Please, donate what you can; every dollar makes a difference! If you can’t donate right now, please share this campaign on all platforms. I will ensure that every cent is given directly to the family and will be used for food, water, medicine and evacuation. This means so much to them. Thank you for reading. I will give updates and statements from the family as things progress.
UPDATE:
Thank you all for your donations, from the bottom of my heart, I can’t thank you enough for helping Mohammed and his family. Unfortunately, I have some bad news regarding the family. During the bombings in July 3rd, Mohammed’s cousin was critically injured and passed away on July 5th in the early morning.

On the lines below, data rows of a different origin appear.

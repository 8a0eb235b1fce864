// The functions that the C service calls: byte slices and numbers in, structs of numbers out (RULES.md, module 8). Each is one call of
// what it is named for; what it answers in numbers is in `c_answers`. `fringewell_c` hands each to C, by the same name.
#![tactic(auto, unfolding(crate::specs::Left::performs, bson::specs::Writer::fresh))]

ghost use Rattle.std.specs.Prelude.{◌≡◌, true, false};
ghost use Rattle.bson.specs.Check.{check_under, check};
ghost use Rattle.bson.specs.Cstring.{most};
ghost use Rattle.bson.specs.Grammar as grammar;
ghost use Rattle.bson.specs.Lookup.{get_under, get_with_under, get_at_under, get, get_with, get_at, is_empty};
ghost use Rattle.bson.specs.Path.{get_path_under, get_path_with_under, get_path, get_path_with};
ghost use Rattle.bson.specs.Step.{cursor};
ghost use Rattle.bson.specs.Value as value;
ghost use Rattle.bson.specs.Writer as writer;
ghost use Rattle.c_answers.specs.Numbers.{verdict, emptiness, found};
ghost use Rattle.fringewell.specs.Left.{steps_under, steps, reads_under, reads, left, shows_under, shows, joins, leaves, performs};

use c_answers::{
    ElementNumbers, JoinedNumbers, ShownNumbers, StepNumbers, ValueNumbers, VerdictNumbers,
    WrittenNumbers,
};
use iter::Cursor;
use writer_state::Words;

// The plain check.
pub fn fringewell_check(document: &[u8]) -> VerdictNumbers
    ensures { result ≡ verdict (check false document.now) }
{
    c_answers::of_verdict(whole::check(document, None))
}

// The plain check, under a limit on keys, patterns and options.
pub fn fringewell_check_under(document: &[u8], limit: usize) -> VerdictNumbers
    ensures { result ≡ verdict (check_under (most limit) false document.now) }
{
    c_answers::of_verdict(whole::check(document, Some(limit)))
}

// The strict check.
pub fn fringewell_check_strict(document: &[u8]) -> VerdictNumbers
    ensures { result ≡ verdict (check true document.now) }
{
    c_answers::of_verdict(whole::check_strict(document, None))
}

// The strict check, under a limit.
pub fn fringewell_check_strict_under(document: &[u8], limit: usize) -> VerdictNumbers
    ensures { result ≡ verdict (check_under (most limit) true document.now) }
{
    c_answers::of_verdict(whole::check_strict(document, Some(limit)))
}

// Admission, and whether the document has no element.
pub fn fringewell_is_empty(document: &[u8]) -> VerdictNumbers
    ensures { result ≡ emptiness (is_empty document.now) }
{
    c_answers::of_empty(document::is_empty(document))
}

// The first element of a key.
pub fn fringewell_lookup(document: &[u8], key: &[u8]) -> ValueNumbers
    ensures { result ≡ found (get document.now key.now) }
{
    c_answers::of_found(document::get_element(document, key, None))
}

// The first element of a key, under a limit.
pub fn fringewell_lookup_under(document: &[u8], key: &[u8], limit: usize) -> ValueNumbers
    ensures { result ≡ found (get_under (most limit) document.now key.now) }
{
    c_answers::of_found(document::get_element(document, key, Some(limit)))
}

// The first element of a key, whose value must have this tag.
pub fn fringewell_lookup_typed(document: &[u8], key: &[u8], tag: u8) -> ValueNumbers
    ensures { result ≡ found (get_with document.now key.now tag) }
{
    c_answers::of_found(document::get_with(document, key, tag, None))
}

// The first element of a key, whose value must have this tag, under a limit.
pub fn fringewell_lookup_typed_under(
    document: &[u8],
    key: &[u8],
    tag: u8,
    limit: usize,
) -> ValueNumbers
    ensures { result ≡ found (get_with_under (most limit) document.now key.now tag) }
{
    c_answers::of_found(document::get_with(document, key, tag, Some(limit)))
}

// What a path leads to.
pub fn fringewell_path(document: &[u8], path: &[u8]) -> ValueNumbers
    ensures { result ≡ found (get_path document.now path.now) }
{
    c_answers::of_found(path::get_element(document, path, None))
}

// What a path leads to, under a limit.
pub fn fringewell_path_under(document: &[u8], path: &[u8], limit: usize) -> ValueNumbers
    ensures { result ≡ found (get_path_under (most limit) document.now path.now) }
{
    c_answers::of_found(path::get_element(document, path, Some(limit)))
}

// What a path leads to, whose value must have this tag.
pub fn fringewell_path_typed(document: &[u8], path: &[u8], tag: u8) -> ValueNumbers
    ensures { result ≡ found (get_path_with document.now path.now tag) }
{
    c_answers::of_found(path::get_with(document, path, tag, None))
}

// What a path leads to, whose value must have this tag, under a limit.
pub fn fringewell_path_typed_under(
    document: &[u8],
    path: &[u8],
    tag: u8,
    limit: usize,
) -> ValueNumbers
    ensures { result ≡ found (get_path_with_under (most limit) document.now path.now tag) }
{
    c_answers::of_found(path::get_with(document, path, tag, Some(limit)))
}

// The step at a cursor, and the cursor behind it.
pub fn fringewell_step(document: &[u8], offset: usize, ended: bool) -> StepNumbers
    ensures { result ≡ steps document.now (cursor offset ended) }
{
    c_answers::of_step(iter::next(document, Cursor { offset, ended }, None))
}

// The step at a cursor, under a limit.
pub fn fringewell_step_under(
    document: &[u8],
    offset: usize,
    ended: bool,
    limit: usize,
) -> StepNumbers
    ensures { result ≡ steps_under (most limit) document.now (cursor offset ended) }
{
    c_answers::of_step(iter::next(document, Cursor { offset, ended }, Some(limit)))
}

// The element at a cursor, its value, and the cursor behind it: a step, and the reading of what it yields. That it is written out here and
// below, and shared by no function, is for speed: the answer is then not copied.
pub fn fringewell_next(document: &[u8], offset: usize, ended: bool) -> ElementNumbers
    ensures { result ≡ reads document.now (cursor offset ended) }
{
    let step = iter::next(document, Cursor { offset, ended }, None);
    match step.answer {
        Ok(Some(element)) => {
            c_answers::of_element(element, reading::value_of(document, element), step.next)
        }
        Ok(None) => c_answers::no_element(None, step.next),
        Err(refused) => c_answers::no_element(Some(refused), step.next),
    }
}

// The same, under a limit.
pub fn fringewell_next_under(
    document: &[u8],
    offset: usize,
    ended: bool,
    limit: usize,
) -> ElementNumbers
    ensures { result ≡ reads_under (most limit) document.now (cursor offset ended) }
{
    let step = iter::next(document, Cursor { offset, ended }, Some(limit));
    match step.answer {
        Ok(Some(element)) => {
            c_answers::of_element(element, reading::value_of(document, element), step.next)
        }
        Ok(None) => c_answers::no_element(None, step.next),
        Err(refused) => c_answers::no_element(Some(refused), step.next),
    }
}

// The element at a place, and its value.
pub fn fringewell_read(document: &[u8], place: usize) -> ValueNumbers
    ensures { result ≡ found (get_at document.now place) }
{
    c_answers::of_found(document::element_at(document, place, None))
}

// The same, under a limit.
pub fn fringewell_read_under(document: &[u8], place: usize, limit: usize) -> ValueNumbers
    ensures { result ≡ found (get_at_under (most limit) document.now place) }
{
    c_answers::of_found(document::element_at(document, place, Some(limit)))
}

// The text of the element at a place, with EF BF BD for each maximal bad part, at the front of a lent buffer.
pub fn fringewell_read_lossy(document: &[u8], place: usize, out: &mut [u8]) -> ShownNumbers
    ensures { left result out.new ≡ shows document.now place out.old }
{
    c_answers::of_shown(lossy::read_utf8_lossy(out, document, place, None))
}

// The same, under a limit.
pub fn fringewell_read_lossy_under(
    document: &[u8],
    place: usize,
    out: &mut [u8],
    limit: usize,
) -> ShownNumbers
    ensures { left result out.new ≡ shows_under (most limit) document.now place out.old }
{
    c_answers::of_shown(lossy::read_utf8_lossy(out, document, place, Some(limit)))
}

// Both documents as one, at the front of a lent buffer.
pub fn fringewell_join(first: &[u8], second: &[u8], out: &mut [u8]) -> JoinedNumbers
    ensures { left result out.new ≡ joins first.now second.now out.old }
{
    c_answers::of_joined(join::join(out, first, second))
}

// The version of this library: a million times the major number, a thousand times the minor one, and the patch.
pub fn fringewell_version() -> u32
    ensures { result ≡ 10000 }
{
    10000
}

// The writer's state, which C lends: 406 words.
#[repr(C)]
#[derive(Clone, Copy)]
pub struct State {
    pub words: Words,
}

// A fresh state: nothing used, nothing open.
pub fn fringewell_state_new() -> State
    ensures { result.words ≡ writer.fresh }
{
    State {
        words: [0; writer_state::WORDS],
    }
}
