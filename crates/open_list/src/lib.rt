// The open list of a search: a key for each place that is open. A place is inserted or its key decreased (`lower`), a place is removed
// (`close`), and the least key is found with the lowest place that has it (`least`).
//
// Callers reason over the list of keys alone (specs/Keys.antt, proofs/Laws.antt). Behind it stands a tournament tree, eight-fold, over
// blocks of eight keys (src/tree.rt), in ten words a place that the caller lends, and one place in hand, a number that it carries from call
// to call: the place's key * 2^32 + the place.
//
// Each operation but `clear` and `reset` takes time logarithmic in the number of places; these two take linear time, but `reset` next to
// none where the tree holds no open place. The hand takes a place that comes before the one in hand, which then goes into the tree. A
// place that is closed while in hand takes no work on the tree: this saves nearly all of it in searches with few open places.
//
// Words, places and hand go in one by one. The words are a part of a work area whose other parts the caller uses between two calls, so that
// a struct of the three would be made anew for each call.
#![tactic(auto)]

ghost use Rattle.std.specs.Prelude.{◌≡◌};
ghost use Rattle.open_list.specs.Entry.{place_of, key_of, no_key};
ghost use Rattle.open_list.specs.Keys.{Room, OpenList, LeastKey, CanLower, CanClose, Put, Cleared, Used, keys_of, empty_hand};
ghost use Rattle.open_list.specs.Tree.{TreePut};

mod entry;
mod tree;

// What `least` gives as one number: the key, and the place.
pub use entry::{key_of, place_of};

// The key of a place that is not open.
pub const NONE: u32 = u32::MAX;

// The words of the list for each place.
pub const WORDS: usize = 10;

// The entry after all others, with no key and a place beyond all: the hand with nothing in it.
const EMPTY: u64 = u64::MAX;

// Nothing in hand.
pub fn empty() -> u64
    ensures { result ≡ empty_hand }
{
    EMPTY
}

// No place is open; the hand is empty.
pub fn clear(words: &mut [u32], places: usize)
    requires { Room places words.old }
    ensures { Cleared places words.new }
{
    tree::clear(words, places);
}

// The same, of words that a list has been kept in: those that hold no open place are clear already.
pub fn reset(words: &mut [u32], places: usize)
    requires { Used places words.old }
    ensures { Cleared places words.new }
{
    let root = tree::least(words, places);
    if entry::key_of(root) == NONE {
        return;
    }
    tree::clear(words, places);
}

// What is in hand goes into the tree. The place of an empty hand is beyond all, so that it changes no key.
fn put_down(words: &mut [u32], places: usize, hand: u64)
    requires { OpenList places hand words.old }
    ensures { TreePut places (place_of hand) (key_of hand) words.old words.new }
{
    let key = entry::key_of(hand);
    if key == NONE {
        return;
    }
    tree::lower(words, places, entry::wide(entry::place_of(hand)), key);
}

// The place is open with this key, which is none above the one that it has.
pub fn lower(words: &mut [u32], places: usize, hand: u64, place: usize, key: u32) -> u64
    requires { CanLower places hand place key words.old }
    ensures { Put places place key hand words.old result words.new }
{
    let x = entry::pair(place, key);
    if entry::wide(entry::place_of(hand)) == place {
        return x;
    }
    // The hand takes what comes before it and has no key in the tree.
    if x < hand {
        let k = tree::key(words, places, place);
        if k == NONE {
            put_down(words, places, hand);
            return x;
        }
    }
    tree::lower(words, places, place, key);
    hand
}

// The place is open no more.
pub fn close(words: &mut [u32], places: usize, hand: u64, place: usize) -> u64
    requires { CanClose places hand place words.old }
    ensures { Put places place no_key hand words.old result words.new }
{
    if entry::wide(entry::place_of(hand)) == place {
        return EMPTY;
    }
    tree::close(words, places, place);
    hand
}

// The least key, and the lowest place that has it, as one number: key * 2^32 + place. The key is NONE where no place is open.
pub fn least(words: &[u32], places: usize, hand: u64) -> u64
    requires { OpenList places hand words.now }
    ensures { LeastKey (keys_of places hand words.now) (place_of result) (key_of result) }
{
    let root = tree::least(words, places);
    hand.min(root)
}
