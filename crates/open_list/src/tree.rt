// The tournament tree of the open list. Each place has a key; over the keys, in blocks of eight, an eight-fold tree holds in each node
// the first of its children's entries, so that the root has the least key of all. The words are m nodes of two words each, a place and
// its key, then 7 * m + 1 keys, of which those beyond the places are none; what is left of the words is not used. Node j has the children
// 8 * j + 1 to 8 * j + 8, where m + p is the leaf of place p; m is 8 * k + 1, so that the children of a node are all nodes or all leaves.
ghost use Rattle.std.specs.Prelude.{◌≡◌, ◌+◌, ◌<◌, ◌≤◌, length, get_or};
ghost use Rattle.model.specs.Limits.{max_places};
ghost use Rattle.open_list.specs.Entry.{place_of, key_of, no_key};
ghost use Rattle.open_list.specs.Keys.{Room, LeastKey};
ghost use Rattle.open_list.specs.Size.{Nodes};
ghost use Rattle.open_list.specs.Tree.{Tournament, TreePlace, TreeLowers, TreePut, TreeCleared, LeafRun};
ghost use Rattle.open_list.specs.Tree.{tree_keys, node_entry, leaf_entry, stored, least4};

use super::entry;

// How many nodes the tree has: one node has 8 keys, and each 8 nodes more have 56 keys more.
fn nodes(places: usize) -> usize
    requires { (1 ≤ places) × (places ≤ max_places) }
    ensures { Nodes places result }
{
    8 * ((places + 47) / 56) + 1
}

// Node i's entry, and the first of four nodes from c on.
fn node(words: &[u32], i: usize) -> u64
    requires { i + i + 1 < length words.now }
    ensures { result ≡ node_entry words.now i }
{
    let w = i + i;
    entry::pair(entry::wide(words[w]), words[w + 1])
}

fn nodes4(words: &[u32], c: usize) -> u64
    requires { c + c + 7 < length words.now }
    ensures { result ≡ least4 (node_entry words.now) c }
{
    let left = node(words, c).min(node(words, c + 1));
    let right = node(words, c + 2).min(node(words, c + 3));
    left.min(right)
}

// The entry of place p, and the first of four places from p on. Apart from the nodes', since one function for both would take a reader as a
// closure, and would state at each call which places this may read.
fn leaf(words: &[u32], m: usize, p: usize) -> u64
    requires { LeafRun 1 m p words.now }
    ensures { result ≡ leaf_entry m words.now p }
{
    entry::pair(p, words[m + m + p])
}

fn leaves4(words: &[u32], m: usize, p: usize) -> u64
    requires { LeafRun 4 m p words.now }
    ensures { result ≡ least4 (leaf_entry m words.now) p }
{
    let left = leaf(words, m, p).min(leaf(words, m, p + 1));
    let right = leaf(words, m, p + 2).min(leaf(words, m, p + 3));
    left.min(right)
}

// Entry x becomes node i's.
fn store(words: &mut [u32], i: usize, x: u64)
    requires { i + i + 1 < length words.old }
    ensures { words.new ≡ stored words.old i x }
{
    let w = i + i;
    words[w] = entry::place_of(x);
    words[w + 1] = entry::key_of(x);
}

// No place has a key.
pub fn clear(words: &mut [u32], places: usize)
    requires { Room places words.old }
    ensures { TreeCleared places words.new }
{
    let end = 9 * nodes(places) + 1;
    // By `area::fill`: with the slice's own `fill` whole calls take 4 percent longer, and those on small maps a fifth.
    area::fill(&mut words[0..end], super::NONE);
}

// Place p gets this key, which is none above the one that it has.
pub fn lower(words: &mut [u32], places: usize, p: usize, key: u32)
    requires { TreeLowers places p key words.old }
    ensures { TreePut places p key words.old words.new }
{
    let m = nodes(places);
    words[m + m + p] = key;
    let x = entry::pair(p, key);
    let mut i = (m + p - 1) / 8;
    loop {
        if node(words, i) <= x {
            return;
        }
        store(words, i, x);
        if i == 0 {
            return;
        }
        i = (i - 1) / 8;
    }
}

// Place p has a key no more.
pub fn close(words: &mut [u32], places: usize, p: usize)
    requires { TreePlace places p words.old }
    ensures { TreePut places p no_key words.old words.new }
{
    let m = nodes(places);
    words[m + m + p] = super::NONE;
    let mut i = (m + p - 1) / 8;
    let block = 8 * i + 1 - m;
    let mut x = leaves4(words, m, block).min(leaves4(words, m, block + 4));
    while 0 < i {
        let j = (i - 1) / 8;
        let c = 8 * j + 1;
        // The parent's seven other children first, so that the read of eight nodes need not wait for x.
        store(words, i, super::EMPTY);
        let others = nodes4(words, c).min(nodes4(words, c + 4));
        store(words, i, x);
        x = others.min(x);
        i = j;
    }
    store(words, 0, x);
}

// The least key, and the lowest place that has it: the root's entry.
pub fn least(words: &[u32], places: usize) -> u64
    requires { Tournament places words.now }
    ensures { LeastKey (tree_keys places words.now) (place_of result) (key_of result) }
{
    node(words, 0)
}

// The key of place p.
pub fn key(words: &[u32], places: usize, p: usize) -> u32
    requires { TreePlace places p words.now }
    ensures { result ≡ get_or (tree_keys places words.now) p 0 }
{
    let m = nodes(places);
    words[m + m + p]
}
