// An entry: a place and its key as a pair of words, the key before the place. One comparison then puts the lesser key first and, of equal
// keys, the lower place.
ghost use Rattle.std.specs.Prelude.{◌<◌};
ghost use Rattle.open_list.specs.Entry.{IsEntry, IsWord, word_end};

use area::pair;
pub use area::pair::{high as key_of, low as place_of};

// A place as it stands in a word. Callers learn that it is below 2^32.
pub fn wide(word: u32) -> usize
    ensures { IsWord word result }
{
    word as usize
}

pub fn pair(place: usize, key: u32) -> u64
    requires { place < word_end }
    ensures { IsEntry place key result }
{
    pair::join(key, place)
}
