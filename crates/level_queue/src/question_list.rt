//! A list of questions that a row changes quickly, as few of them are looked at.

ghost use Rattle.std.specs.Prelude.{◌≡◌, ◌<◌, ◌≤◌, ◌+◌, ◌-◌, true, false, nat_le, length, drop, slice_index_or, slice_set, IfOk};
ghost use Rattle.std.specs.List.{copy_within, list_all, AllWithin};
ghost use Rattle.fca_model.specs.Sets.{Set, within, increasing};
ghost use Rattle.fca_model.specs.Implications.{Rule, premises};
ghost use Rattle.level_queue.specs.Queue.{narrowed, is_unclosed, is_left};
ghost use Rattle.level_queue.specs.QuestionLists.{AreInOneWord, IsPlaceFor};

use attr_bits::{Attrs, Bits, ONE_WORD};
use fca_model::Memory;
use implication_closure::{Implication, Question};
use std::alloc::Global;
use std::marker::Model;

/// Questions, and apart from them their premises in one word each, which lie close together. If a premise has more attributes, there are none of these.
#[derive(Drop)]
pub(crate) struct QuestionList {
    questions: Vec<Question>,
    in_one_word: Vec<Bits<1>>,
}

impl Model for QuestionList {
    ghost use Rattle.std.specs.Prelude.{List};
    ghost use Rattle.fca_model.specs.Implications.{Rule};
    ghost use Rattle.level_queue.specs.QuestionLists.{AreInOneWord};

    ghost Value = { List Rule };

    ghost view = { λ a. a.questions.items };

    ghost invariant = { λ a. AreInOneWord a.questions.items a.in_one_word.items };
}

/// A row, also in one word if it fits.
#[derive(Drop)]
pub(crate) struct Row {
    whole: Attrs,
    in_one_word: Option<Bits<1>>,
}

impl Model for Row {
    ghost use Rattle.std.specs.Prelude.{◌≡◌, IfSome};
    ghost use Rattle.fca_model.specs.Sets.{Set};

    ghost Value = { Set };

    ghost view = { λ a. a.whole };

    ghost invariant = { λ a. IfSome a.in_one_word (λ row. row ≡ a.whole) };
}

impl Row {
    /// This row.
    pub(crate) fn new(row: &Attrs) -> Row
        ensures { result ≡ row.now }
    {
        Row {
            whole: *row,
            in_one_word: if row.width() <= ONE_WORD {
                Some(row.resize::<1>())
            } else {
                None
            },
        }
    }
}

impl QuestionList {
    /// These questions.
    pub(crate) fn new(alloc: Global, questions: Vec<Question>) -> Result<QuestionList, Memory>
        ensures { IfOk result (λ list. list ≡ questions.items) }
    {
        let in_one_word = premises_in_one_word(alloc, &questions)?;
        Ok(QuestionList {
            questions,
            in_one_word,
        })
    }

    /// The questions.
    pub(crate) fn as_slice(&self) -> &[Question]
        ensures { result.now ≡ self.now }
    {
        &self.questions
    }

    /// Narrows the question at the place, whose premise the row has. Whether it is still not closed.
    pub(crate) fn narrow_at(&mut self, place: usize, row: &Row) -> bool
        requires inside { place < length self.old }
        requires reached { (question : Rule) → question ≡ slice_index_or self.old place question → within question.premise row.now ≡ true }
        ensures met { (question : Rule) → question ≡ slice_index_or self.old place question → self.new ≡ slice_set self.old place (narrowed row.now question) }
        ensures left { (question : Rule) → question ≡ slice_index_or self.old place question → result ≡ is_left row.now question }
        ensures long { length self.new ≡ length self.old }
    {
        let met = narrow_question(&row.whole, &self.questions[place]);
        self.questions[place] = met;
        met.premise != met.conclusion
    }

    /// Of the questions between two places, the place behind the last one whose premise the row has. If there is none, it is the first place.
    pub(crate) fn end_of_reached(&self, first: usize, end: usize, row: &Row) -> usize
        requires some { first ≤ end }
        requires inside { end ≤ length self.now }
        ensures first { first ≤ result }
        ensures end { result ≤ end }
        ensures reached { (question : Rule) → first < result → question ≡ slice_index_or self.now (result - 1) question
            → within question.premise row.now ≡ true }
        ensures passed { AllWithin (λ q. within q.premise row.now ≡ false) self.now result end }
    {
        if let Some(row) = &row.in_one_word {
            if !self.in_one_word.is_empty() {
                return end_of_sets(&self.in_one_word, first, end, row);
            }
        }
        end_of_questions(&self.questions, first, end, &row.whole)
    }

    /// Of the questions from a place on, the place of the first one whose premise does not come before the given one.
    pub(crate) fn first_from(&self, first: usize, premise: &Attrs) -> usize
        requires inside { first ≤ length self.now }
        requires increasing { increasing (premises (drop first self.now)) ≡ true }
        ensures { IsPlaceFor premise.now (premises (drop first self.now)) result }
    {
        if !self.in_one_word.is_empty() && premise.width() <= ONE_WORD {
            return first_set(&self.in_one_word[first..], &premise.resize::<1>());
        }
        first_question(&self.questions[first..], premise)
    }

    /// Copies the questions from one place to another over those from a third place on.
    pub(crate) fn copy_within(&mut self, first: usize, end: usize, place: usize)
        requires some { first ≤ end }
        requires inside { end ≤ length self.old }
        requires room { place + (end - first) ≤ length self.old }
        ensures { self.new ≡ copy_within self.old first end place }
    {
        self.questions.copy_within(first..end, place);
        if !self.in_one_word.is_empty() {
            self.in_one_word.copy_within(first..end, place);
        }
    }
}

/// The premises in one word each, or none if one has more attributes.
fn premises_in_one_word(alloc: Global, questions: &[Question]) -> Result<Vec<Bits<1>>, Memory>
    ensures { IfOk result (λ sets. AreInOneWord questions.now sets.items) }
{
    if !fit_one_word(questions) {
        return Ok(Vec::new(alloc));
    }
    let mut sets = Vec::with_capacity(alloc, questions.len())?;
    for question in questions {
        sets.push(question.premise.resize::<1>())?;
    }
    Ok(sets)
}

/// Whether one word holds each of the premises.
fn fit_one_word(questions: &[Question]) -> bool
    ensures { result ≡ list_all (λ i. nat_le (length i.premise) ONE_WORD) questions.now }
{
    questions.iter().all(|i| i.premise.width() <= ONE_WORD)
}

/// The question after a row that has its premise: the conclusion loses what the row lacks.
fn narrow_question(row: &Attrs, question: &Question) -> Question
    requires reached { within question.now.premise row.now ≡ true }
    ensures { result ≡ narrowed row.now question.now }
{
    Implication {
        premise: question.premise,
        conclusion: question.conclusion.meet(row),
    }
}

/// Of the sets between two places, the place behind the last one that the row has. If there is none, it is the first place.
fn end_of_sets(sets: &[Bits<1>], first: usize, end: usize, row: &Bits<1>) -> usize
    requires some { first ≤ end }
    requires inside { end ≤ length sets.now }
    ensures first { first ≤ result }
    ensures end { result ≤ end }
    ensures reached { (A : Set) → first < result → A ≡ slice_index_or sets.now (result - 1) A → within A row.now ≡ true }
    ensures passed { AllWithin (λ A. within A row.now ≡ false) sets.now result end }
{
    for place in (first..end).rev() {
        if sets[place].within(row) {
            return place + 1;
        }
    }
    first
}

/// Of the questions between two places, the place behind the last one whose premise the row has. If there is none, it is the first place.
fn end_of_questions(questions: &[Question], first: usize, end: usize, row: &Attrs) -> usize
    requires some { first ≤ end }
    requires inside { end ≤ length questions.now }
    ensures first { first ≤ result }
    ensures end { result ≤ end }
    ensures reached { (question : Rule) → first < result → question ≡ slice_index_or questions.now (result - 1) question
        → within question.premise row.now ≡ true }
    ensures passed { AllWithin (λ q. within q.premise row.now ≡ false) questions.now result end }
{
    for place in (first..end).rev() {
        if questions[place].premise.within(row) {
            return place + 1;
        }
    }
    first
}

/// The place of the first set that does not come before this one.
fn first_set(sets: &[Bits<1>], set: &Bits<1>) -> usize
    requires { increasing sets.now ≡ true }
    ensures { IsPlaceFor set.now sets.now result }
{
    sets.partition_point(|i| *i < *set)
}

/// The place of the first question whose premise does not come before this one.
fn first_question(questions: &[Question], premise: &Attrs) -> usize
    requires { increasing (premises questions.now) ≡ true }
    ensures { IsPlaceFor premise.now (premises questions.now) result }
{
    questions.partition_point(|i| i.premise < *premise)
}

They are in deep mourning for Rajab. Needless to say this has made their situation worse. I urge you to please continue to donate and spread the word.
Finally, I have a letter from Mohammed that he’s asked me to share with you all. Thank you for taking the time to read it.
My father’s insulin and heart medications cost $350 every week, money that no longer exists. The house we rent, cracked and leaking, still demands $500 each month. Food prices have tripled; clean water must be rationed. I have sold everything I own except my hope, yet my family still goes to bed hungry more nights than not.
Each sunrise feels heavier than the last; yet every morning I whisper to my unborn child that the world can still be kind. I want the first story they hear to be one of strangers who chose to care, not of bombs and betrayal. I dream of teaching them to walk on a healed foot along a street rebuilt with hope, not rubble.
I am reaching out, not as a statistic, but as a brother, a son, a father-to-be who refuses to give up. I need help—help to travel for surgery before I lose my foot, help to keep my father alive, help to place bread on our table until peace, at last, is more than a prayer. Your compassion can turn these pages of suffering into a chapter of survival.